* **Entries taken from a collection**:

*** Block opens ***

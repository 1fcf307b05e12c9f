use crate::spots::{Spot, Spots};
use crate::wrong::{Why, Wrong};
use scx_asm_text::{Symbol, Token};

/// The tokens of a line that are still to be read.
#[derive(Clone, Copy)]
pub(crate) struct Scan<'t, 'a> {
    line: &'a str,
    spots: &'t [Spot<'a>],
    /// The offset at which they end.
    stop: usize,
    /// True if a byte that begins no token is there.
    is_cut: bool,
}

/// A part of a line fits, and these tokens come after it.
pub(crate) type Fits<'t, 'a> = Result<Scan<'t, 'a>, Wrong<'a>>;

impl<'t, 'a> Scan<'t, 'a> {
    /// All tokens of a line.
    pub(crate) fn of(line: &'a str, spots: &'t Spots<'a>) -> Scan<'t, 'a> {
        Scan {
            line,
            spots: spots.spots.as_slice(),
            stop: spots.stop,
            is_cut: spots.is_cut,
        }
    }

    pub(crate) fn line(self) -> &'a str {
        self.line
    }

    pub(crate) fn spots(self) -> &'t [Spot<'a>] {
        self.spots
    }

    /// The next token.
    pub(crate) fn first(self) -> Option<Token<'a>> {
        match self.spots {
            [spot, ..] => Some(spot.token),
            [] => None,
        }
    }

    /// The token after the next one.
    pub(crate) fn second(self) -> Option<Token<'a>> {
        match self.spots {
            [_, spot, ..] => Some(spot.token),
            _ => None,
        }
    }

    /// The offset of the next token, or of the end.
    pub(crate) fn at(self) -> usize {
        match self.spots {
            [spot, ..] => spot.at,
            [] => self.stop,
        }
    }

    /// The text of the next token.
    pub(crate) fn text(self) -> &'a str {
        match self.spots {
            [spot, ..] => self.line.get(spot.at..spot.end).unwrap_or(""),
            [] => "",
        }
    }

    /// The text up to the next token of a later part of the line, without the blanks before that.
    pub(crate) fn text_up_to(self, later: Scan<'t, 'a>) -> &'a str {
        match self.line.get(self.at()..later.at()) {
            Some(text) => text.trim(),
            None => "",
        }
    }

    /// The tokens after the next one.
    pub(crate) fn after(self) -> Scan<'t, 'a> {
        match self.spots {
            [_, rest @ ..] => Scan {
                spots: rest,
                ..self
            },
            [] => self,
        }
    }

    /// The next token is wrong: a byte that begins none, if no token comes before that.
    pub(crate) fn wrong(self, why: Why<'a>) -> Wrong<'a> {
        let why = if self.spots.is_empty() && self.is_cut {
            Why::Character
        } else {
            why
        };
        Wrong { at: self.at(), why }
    }

    /// The next token is wrong by those words.
    pub(crate) fn unfit(self, words: &'static str) -> Wrong<'a> {
        self.wrong(Why::Words(words))
    }

    /// True if the line ends here.
    pub(crate) fn is_at_end(self) -> bool {
        self.spots.is_empty() && !self.is_cut
    }

    /// The line ends here, or the next token is wrong by those words.
    pub(crate) fn end(self, words: &'static str) -> Result<(), Wrong<'a>> {
        if self.is_at_end() {
            Ok(())
        } else {
            Err(self.unfit(words))
        }
    }

    /// The next token is that mark, or it is wrong by those words.
    pub(crate) fn mark(self, mark: Symbol, words: &'static str) -> Fits<'t, 'a> {
        match self.first() {
            Some(Token::Mark(symbol)) if symbol.text() == mark.text() => Ok(self.after()),
            _ => Err(self.unfit(words)),
        }
    }
}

*** Block closes ***

Only one number is wanted: how many lines in the records above contain the string "before".

* **Response area**: 2